**THE PROBLEM:** Find and copy each line of the listing below that has the word "subaddresses" in it.

**LISTED RECORDS:**
_ _ _

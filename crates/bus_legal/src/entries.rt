//! The entries of a profile's three arrays, and lists of entries.
ghost use Rattle.std.specs.Prelude.{◌≡◌, ◌≤◌, ◌<◌, ◌^◌, ◌+◌, length};

use std::marker::Model;

/// A rule: it says of the cells of data subaddresses that its sets contain whether they are legal.
#[derive(Clone, Copy, Debug, PartialEq, Eq)]
pub struct Rule {
    /// Whether it speaks of commands to the terminal's own address.
    pub own: bool,
    /// Whether it speaks of broadcast commands.
    pub broadcast: bool,
    pub receive: bool,
    pub transmit: bool,
    /// Bit `s - 1` stands for subaddress `s`, 1 to 30.
    pub subaddresses: u32,
    /// Bit `n - 1` stands for a word count of `n`, 1 to 32.
    pub counts: u32,
    pub legal: bool,
    ghost thirty_subaddresses: { subaddresses < 2 ^ 30 },
}

/// A mode entry: it says of the mode codes in its set whether they are legal.
#[derive(Clone, Copy, Debug, PartialEq, Eq)]
pub struct ModeRule {
    /// Whether it speaks of mode codes to the terminal's own address.
    pub own: bool,
    /// Whether it speaks of mode codes by broadcast.
    pub broadcast: bool,
    /// Bit `c` stands for mode code `c`, 0 to 31.
    pub codes: u32,
    pub legal: bool,
}

/// An initial entry: `len` words that a subaddress holds at power-up from number `first` on.
#[derive(Clone, Copy, Debug, PartialEq, Eq)]
pub struct InitialWords {
    /// 1 to 30.
    pub subaddress: u8,
    /// The number of the first word, 1 to 32.
    pub first: u8,
    /// How many words, 0 to 32.
    pub len: u8,
    /// The words, of which the first `len` count.
    pub words: [u16; 32],
    ghost subaddress_low: { 1 ≤ subaddress },
    ghost subaddress_high: { subaddress ≤ 30 },
    ghost first_low: { 1 ≤ first },
    ghost first_high: { first ≤ 32 },
    ghost room: { first + len ≤ 33 },
    ghost whole: { length words ≡ 32 },
}

/// The entries of one of a profile's arrays, in order. A contract sees the list.
#[derive(Debug, Drop)]
pub struct Entries<T> {
    entries: Vec<T>,
}

impl<T> Model for Entries<T> {
    ghost use Rattle.std.specs.Prelude.{List};

    ghost Value = { List T };

    ghost view = { λ s. s.entries.items };
}

impl<T> Entries<T> {
    /// The list of these entries.
    pub fn of(entries: Vec<T>) -> Entries<T>
        ensures { result ≡ entries.items }
    {
        Entries { entries }
    }

    /// The entries, in order.
    pub fn as_slice(&self) -> &[T]
        ensures { result.now ≡ self.now }
    {
        &self.entries
    }
}
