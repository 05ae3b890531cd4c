//! Legality kept as masks.
ghost use Rattle.std.specs.Prelude.{◌≡◌, ◌<◌, ◌≤◌, ◌&&◌, ℕ, Bool, true, bit_and, get_or, if◌then◌else◌};
ghost use Rattle.bus_word.specs.declared.cell.Cell.{Cell};
ghost use Rattle.bus_word.specs.Cell.{is_data_place};
ghost use Rattle.bus_word.specs.Mask.{has_bit};
ghost use Rattle.bus_legal.specs.OwnCodes.{is_own_code_legal};
ghost use Rattle.bus_legal.specs.Legal.{is_legal};
ghost use Rattle.bus_legal.specs.inner.Masks.{is_broadcast_code_legal};
ghost use Rattle.bus_legal.specs.Tables.{has_count, tables_say, masks_wrap, is_own_mask, is_broadcast_mask, any_wraps};
ghost use Rattle.bus_legal.specs.inner.Masks.{MasksSay, has_both_bits, bit_said};

use crate::legality::Legality;
use crate::masks::with_bits;
use crate::{ModeRule, Profile, Rule};
use bus_word::{Cell, has_bit, is_allowed};

/// The mode codes that may be legal to the own address, bit `c` for code `c`.
pub const OWN_CODES: u32 = 0x000f_01ff;
/// The mode codes that may be legal by broadcast, bit `c` for code `c`.
pub const BROADCAST_CODES: u32 = 0x0002_01fa;
/// The mode codes that are legal to the own address in every profile, bit `c` for code `c`.
pub const REQUIRED_CODES: u32 = 0x0000_0134;

/// The legal cells as masks: one for each of the subaddresses 1 to 30, and two for the mode codes.
/// In the mask of a subaddress bit `n - 1` stands for a word count of `n`, 1 to 32; in the mask of
/// mode codes bit `c` stands for code `c`, 0 to 31.
#[derive(Clone, Copy, PartialEq, Eq, Debug)]
pub struct Tables {
    /// Receive commands to the own address: `own_receive[s - 1]` is the mask of subaddress `s`.
    pub own_receive: [u32; 30],
    /// Transmit commands to the own address, by subaddress.
    pub own_transmit: [u32; 30],
    /// Receive commands by broadcast, by subaddress.
    pub broadcast_receive: [u32; 30],
    /// Mode codes to the own address.
    pub own_mode: u32,
    /// Mode codes by broadcast.
    pub broadcast_mode: u32,
}

/// Sets or clears the counts of a rule at its subaddresses, if the rule speaks of commands that are
/// addressed so and of this direction.
fn put(masks: &mut [u32; 30], addressed: bool, direction: bool, rule: &Rule)
    ensures { MasksSay masks.new (λ s i. if addressed && direction && has_both_bits s i rule.now then rule.now.legal else has_bit (get_or masks.old s 0) i) }
{
    for (s, mask) in masks.iter_mut().enumerate() {
        if addressed && direction && has_bit(rule.subaddresses, s as u8) {
            *mask = with_bits(*mask, rule.counts, rule.legal);
        }
    }
}

/// Gives the tables of these rules, with no mode codes.
fn count_tables(rules: &[Rule]) -> Tables
    ensures own_receive { MasksSay result.own_receive (bit_said (λ r. r.own && r.receive) rules.now) }
    ensures own_transmit { MasksSay result.own_transmit (bit_said (λ r. r.own && r.transmit) rules.now) }
    ensures broadcast_receive { MasksSay result.broadcast_receive (bit_said (λ r. r.broadcast && r.receive) rules.now) }
{
    let mut own_receive = [0; 30];
    let mut own_transmit = [0; 30];
    let mut broadcast_receive = [0; 30];
    for rule in rules {
        put(&mut own_receive, rule.own, rule.receive, rule);
        put(&mut own_transmit, rule.own, rule.transmit, rule);
        put(&mut broadcast_receive, rule.broadcast, rule.receive, rule);
    }
    Tables {
        own_receive,
        own_transmit,
        broadcast_receive,
        own_mode: 0,
        broadcast_mode: 0,
    }
}

/// Sets or clears the codes of a mode entry, if it speaks of commands that are addressed so.
fn with_codes(mask: u32, addressed: bool, mode: &ModeRule) -> u32
    ensures { (c : ℕ) → c < 32 → has_bit result c ≡ (if addressed && has_bit mode.now.codes c then mode.now.legal else has_bit mask c) }
{
    if addressed {
        with_bits(mask, mode.codes, mode.legal)
    } else {
        mask
    }
}

/// Gives the mask of the legal mode codes to the own address.
fn own_mode_mask(modes: &[ModeRule]) -> u32
    ensures codes { (c : ℕ) → c < 32 → has_bit result c ≡ is_own_code_legal modes.now c }
    ensures no_other { bit_and result OWN_CODES ≡ result }
{
    let mut mask = REQUIRED_CODES;
    for mode in modes {
        mask = with_codes(mask, mode.own, mode);
    }
    mask & OWN_CODES
}

/// Gives the mask of the legal mode codes by broadcast.
fn broadcast_mode_mask(modes: &[ModeRule]) -> u32
    ensures codes { (c : ℕ) → c < 32 → has_bit result c ≡ is_broadcast_code_legal modes.now c }
    ensures no_other { bit_and result BROADCAST_CODES ≡ result }
{
    let mut mask = 0;
    for mode in modes {
        mask = with_codes(mask, mode.broadcast, mode);
    }
    mask & BROADCAST_CODES
}

/// Tells whether the mask of the subaddress has the bit of the word count.
fn has_count(masks: &[u32; 30], subaddress: u8, count: u8) -> bool
    requires { is_data_place subaddress count ≡ true }
    ensures { result ≡ has_count masks.now subaddress count }
{
    has_bit(masks[usize::from(subaddress) - 1], count - 1)
}

impl Tables {
    /// The masks of what this profile makes legal. In the masks of mode codes no bit is set of a
    /// code that can't be legal.
    pub fn of(profile: &Profile) -> Tables
        ensures legal { (cell : Cell) → tables_say result cell ≡ is_legal profile.now.rules profile.now.modes cell }
        ensures own_mode { is_own_mask result.own_mode ≡ true }
        ensures broadcast_mode { is_broadcast_mask result.broadcast_mode ≡ true }
    {
        let mut tables = count_tables(profile.rules.as_slice());
        tables.own_mode = own_mode_mask(profile.modes.as_slice());
        tables.broadcast_mode = broadcast_mode_mask(profile.modes.as_slice());
        tables
    }

    /// Whether words can be received at this subaddress, 1 to 30, and transmitted from it: by the own
    /// address or by broadcast some word count is legal there, and so is some to transmit.
    pub fn can_wrap(&self, subaddress: u8) -> bool
        requires low { 1 ≤ subaddress }
        requires high { subaddress ≤ 30 }
        ensures { result ≡ masks_wrap self.now subaddress }
    {
        let index = usize::from(subaddress) - 1;
        (self.own_receive[index] != 0 || self.broadcast_receive[index] != 0)
            && self.own_transmit[index] != 0
    }

    /// Whether some subaddress is such.
    pub fn can_wrap_somewhere(&self) -> bool
        ensures { result ≡ any_wraps self.now }
    {
        for subaddress in 1..31 {
            if self.can_wrap(subaddress) {
                return true;
            }
        }
        false
    }
}

impl Legality for Tables {
    ghost is_legal = { tables_say };

    #[inline(always)]
    fn legal(&self, cell: Cell) -> bool {
        is_allowed(cell)
            && match cell {
                Cell::OwnReceive(s, n) => has_count(&self.own_receive, s, n),
                Cell::OwnTransmit(s, n) => has_count(&self.own_transmit, s, n),
                Cell::BroadReceive(s, n) => has_count(&self.broadcast_receive, s, n),
                Cell::OwnMode(code) => has_bit(self.own_mode, code),
                Cell::BroadMode(code) => has_bit(self.broadcast_mode, code),
            }
    }
}
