//! What a profile sets up at power-up.
ghost use Rattle.std.specs.Prelude.{◌≡◌, ◌<◌, ◌+◌, ◌-◌, ℕ, List, [], Some, get_or, if◌then◌else◌};
ghost use Rattle.bus_legal.specs.Last.{last_of};
ghost use Rattle.bus_legal.specs.Initial.{gives_number, gives, word_given};
ghost use Rattle.bus_legal.specs.Parts.{IsBlock, AreWords};
ghost use Rattle.bus_legal.specs.Meaning.{SetsUp};

use crate::setup::Setup;
use crate::{InitialWords, Profile};

/// Puts the words of an entry into the block of its subaddress.
fn put_words(block: &mut [u16; 32], entry: &InitialWords)
    ensures block { IsBlock block.new }
    ensures words { (i : ℕ) → i < 32 → get_or block.new i 0 ≡ (if gives_number (i + 1) entry.now then get_or entry.now.words (i + 1 - entry.now.first) 0 else get_or block.old i 0) }
{
    let start = usize::from(entry.first) - 1;
    let len = usize::from(entry.len);
    block[start..start + len].copy_from_slice(&entry.words[..len]);
}

/// Puts the words of initial entries into a table, `table[s - 1][i - 1]` for number `i` of
/// subaddress `s`.
pub fn put_initial(table: &mut [[u16; 32]; 30], entries: &[InitialWords])
    ensures blocks { AreWords table.old → AreWords table.new }
    ensures words { (s i : ℕ) → s < 30 → i < 32 → get_or (get_or table.new s []) i 0 ≡ word_given (get_or (get_or table.old s []) i 0) (i + 1) (last_of (gives (s + 1) (i + 1)) entries.now) }
{
    for entry in entries {
        put_words(&mut table[usize::from(entry.subaddress) - 1], entry);
    }
}

/// How a profile sets the terminal up at power-up.
pub fn setup_of(profile: &Profile) -> Setup
    ensures { SetsUp profile.now result }
{
    let mut setup = Setup {
        address: profile.address,
        broadcast: profile.broadcast,
        wrap: profile.wrap,
        accept: profile.accept,
        vector: profile.vector,
        bit: profile.bit,
        initial: [[0; 32]; 30],
    };
    put_initial(&mut setup.initial, profile.initials.as_slice());
    setup
}
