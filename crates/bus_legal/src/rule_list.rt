//! Legality asked entry by entry.
ghost use Rattle.std.specs.Prelude.{◌≡◌, true, false, ◌<◌, option_map, find, reverse};
ghost use Rattle.bus_word.specs.Cell.{is_data_place, is_allowed};
ghost use Rattle.bus_word.specs.Mode.{is_required_code};
ghost use Rattle.bus_legal.specs.Last.{last_of};
ghost use Rattle.bus_legal.specs.OwnCodes.{contains_own, mode_says};
ghost use Rattle.bus_legal.specs.Legal.{is_among, contains, contains_broadcast, rule_says, last_says, is_legal};

use crate::legality::Legality;
use crate::{ModeRule, Profile, Rule};
use bus_word::{Cell, has_bit, is_allowed, is_required_code};

/// The rules and mode entries of a profile, asked one by one from the last.
#[derive(Clone, Copy)]
pub struct RuleList<'a> {
    pub rules: &'a [Rule],
    pub modes: &'a [ModeRule],
}

impl<'a> RuleList<'a> {
    /// The rules and mode entries of this profile.
    pub fn of(profile: &'a Profile) -> RuleList<'a>
        ensures rules { result.rules.now ≡ profile.entry.now.rules }
        ensures modes { result.modes.now ≡ profile.entry.now.modes }
    {
        RuleList {
            rules: profile.rules.as_slice(),
            modes: profile.modes.as_slice(),
        }
    }
}

/// Tells whether the rule's sets contain this subaddress and this word count.
fn is_among(rule: &Rule, subaddress: u8, count: u8) -> bool
    requires { is_data_place subaddress count ≡ true }
    ensures { result ≡ is_among subaddress count rule.now }
{
    has_bit(rule.subaddresses, subaddress - 1) && has_bit(rule.counts, count - 1)
}

/// Tells whether the rule speaks of the cell.
fn contains(rule: &Rule, cell: Cell) -> bool
    requires { is_allowed cell ≡ true }
    ensures { result ≡ contains cell rule.now }
{
    match cell {
        Cell::OwnReceive(s, n) => rule.own && rule.receive && is_among(rule, s, n),
        Cell::OwnTransmit(s, n) => rule.own && rule.transmit && is_among(rule, s, n),
        Cell::BroadReceive(s, n) => rule.broadcast && rule.receive && is_among(rule, s, n),
        Cell::OwnMode(_) | Cell::BroadMode(_) => false,
    }
}

/// Finds the last rule that speaks of the cell.
fn last_rule<'a>(rules: &'a [Rule], cell: Cell) -> Option<&'a Rule>
    requires { is_allowed cell ≡ true }
    ensures { option_map (λ r. r.now) result ≡ find (contains cell) (reverse rules.entry.now) }
{
    rules.iter().rev().find(|rule| contains(rule, cell))
}

/// Finds the last mode entry that speaks of the code to the own address.
fn last_own_code(modes: &[ModeRule], code: u8) -> Option<&ModeRule>
    requires { code < 32 }
    ensures { option_map (λ m. m.now) result ≡ find (contains_own code) (reverse modes.entry.now) }
{
    modes
        .iter()
        .rev()
        .find(|mode| mode.own && has_bit(mode.codes, code))
}

/// Finds the last mode entry that speaks of the code by broadcast.
fn last_broadcast_code(modes: &[ModeRule], code: u8) -> Option<&ModeRule>
    requires { code < 32 }
    ensures { option_map (λ m. m.now) result ≡ find (contains_broadcast code) (reverse modes.entry.now) }
{
    modes
        .iter()
        .rev()
        .find(|mode| mode.broadcast && has_bit(mode.codes, code))
}

impl<'a> Legality for RuleList<'a> {
    ghost is_legal = { λ list cell. is_legal list.rules.now list.modes.now cell };

    #[tactic(auto, using(crate::proofs::Last::find_reverse), unfolding(crate::specs::Legal::is_legal))]
    fn legal(&self, cell: Cell) -> bool {
        is_allowed(cell)
            && match cell {
                Cell::OwnMode(code) => last_own_code(self.modes, code).map_or(
                    is_required_code(code),
                    |mode| mode.legal,
                ),
                Cell::BroadMode(code) => last_broadcast_code(self.modes, code).map_or(
                    false,
                    |mode| mode.legal,
                ),
                _ => last_rule(self.rules, cell).map_or(false, |rule| rule.legal),
            }
    }
}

_ _ _

**EXERCISE RESPONSE:**
/// A rule: it says of the cells of data subaddresses that its sets contain whether they are legal.
    pub subaddresses: u32,
    ghost thirty_subaddresses: { subaddresses < 2 ^ 30 },
/// The legal cells as masks: one for each of the subaddresses 1 to 30, and two for the mode codes.
/// Sets or clears the counts of a rule at its subaddresses, if the rule speaks of commands that are
        if addressed && direction && has_bit(rule.subaddresses, s as u8) {
    has_bit(rule.subaddresses, subaddress - 1) && has_bit(rule.counts, count - 1)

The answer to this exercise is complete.